→ **Exercise requirements**: Return the full listing, so that each line matches the original exactly.

→ **Source data**:
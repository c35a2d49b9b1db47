use lynx_names::Memory;
use lynx_report::RunFault;
use std::alloc::AllocError;
use thiserror::Error;

/// Why no script was written, or not all of it.
#[derive(Clone, Copy, Debug, PartialEq, Eq, Error)]
pub enum SampleFault {
    /// The set text is faulty, memory is wanting, or the script can't be written. It is never a
    /// fault of a script's text.
    #[error("{0}")]
    Run(RunFault),
    /// A cycle was asked for, and no run that was tried ended with one.
    #[error("no run was found that ends with a cycle")]
    NoCycle,
    /// A script has at most 65,536 bytes.
    #[error("the script would be over 65536 bytes")]
    TooLong,
}

impl From<RunFault> for SampleFault {
    ghost use Rattle.std.specs.Prelude.{◌≡◌};
    ghost use Rattle.lynx_sample.specs.declared.fault.SampleFault.TheVariants.{Run};

    ghost from_gives = { λ given fault. fault ≡ Run given };

    fn from(fault: RunFault) -> SampleFault {
        SampleFault::Run(fault)
    }
}

impl From<Memory> for SampleFault {
    ghost use Rattle.std.specs.Prelude.{◌≡◌};
    ghost use Rattle.lynx_sample.specs.declared.fault.SampleFault.TheVariants.{Run};
    ghost use Rattle.lynx_report.specs.declared.run.RunFault.TheVariants.{Memory as NoMemory};

    ghost from_gives = { λ _ fault. fault ≡ Run NoMemory };

    fn from(_: Memory) -> SampleFault {
        SampleFault::Run(RunFault::Memory)
    }
}

impl From<AllocError> for SampleFault {
    ghost use Rattle.std.specs.Prelude.{◌≡◌};
    ghost use Rattle.lynx_sample.specs.declared.fault.SampleFault.TheVariants.{Run};
    ghost use Rattle.lynx_report.specs.declared.run.RunFault.TheVariants.{Memory as NoMemory};

    ghost from_gives = { λ _ fault. fault ≡ Run NoMemory };

    fn from(_: AllocError) -> SampleFault {
        SampleFault::Run(RunFault::Memory)
    }
}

→ **Worked solution**:
repository c35a2d49b9b1db47
use lynx_names::Memory;
use lynx_report::RunFault;
use std::alloc::AllocError;
use thiserror::Error;

/// Why no script was written, or not all of it.
#[derive(Clone, Copy, Debug, PartialEq, Eq, Error)]
pub enum SampleFault {
    /// The set text is faulty, memory is wanting, or the script can't be written. It is never a
    /// fault of a script's text.
    #[error("{0}")]
    Run(RunFault),
    /// A cycle was asked for, and no run that was tried ended with one.
    #[error("no run was found that ends with a cycle")]
    NoCycle,
    /// A script has at most 65,536 bytes.
    #[error("the script would be over 65536 bytes")]
    TooLong,
}

impl From<RunFault> for SampleFault {
    ghost use Rattle.std.specs.Prelude.{◌≡◌};
    ghost use Rattle.lynx_sample.specs.declared.fault.SampleFault.TheVariants.{Run};

    ghost from_gives = { λ given fault. fault ≡ Run given };

    fn from(fault: RunFault) -> SampleFault {
        SampleFault::Run(fault)
    }
}

impl From<Memory> for SampleFault {
    ghost use Rattle.std.specs.Prelude.{◌≡◌};
    ghost use Rattle.lynx_sample.specs.declared.fault.SampleFault.TheVariants.{Run};
    ghost use Rattle.lynx_report.specs.declared.run.RunFault.TheVariants.{Memory as NoMemory};

    ghost from_gives = { λ _ fault. fault ≡ Run NoMemory };

    fn from(_: Memory) -> SampleFault {
        SampleFault::Run(RunFault::Memory)
    }
}

impl From<AllocError> for SampleFault {
    ghost use Rattle.std.specs.Prelude.{◌≡◌};
    ghost use Rattle.lynx_sample.specs.declared.fault.SampleFault.TheVariants.{Run};
    ghost use Rattle.lynx_report.specs.declared.run.RunFault.TheVariants.{Memory as NoMemory};

    ghost from_gives = { λ _ fault. fault ≡ Run NoMemory };

    fn from(_: AllocError) -> SampleFault {
        SampleFault::Run(RunFault::Memory)
    }
}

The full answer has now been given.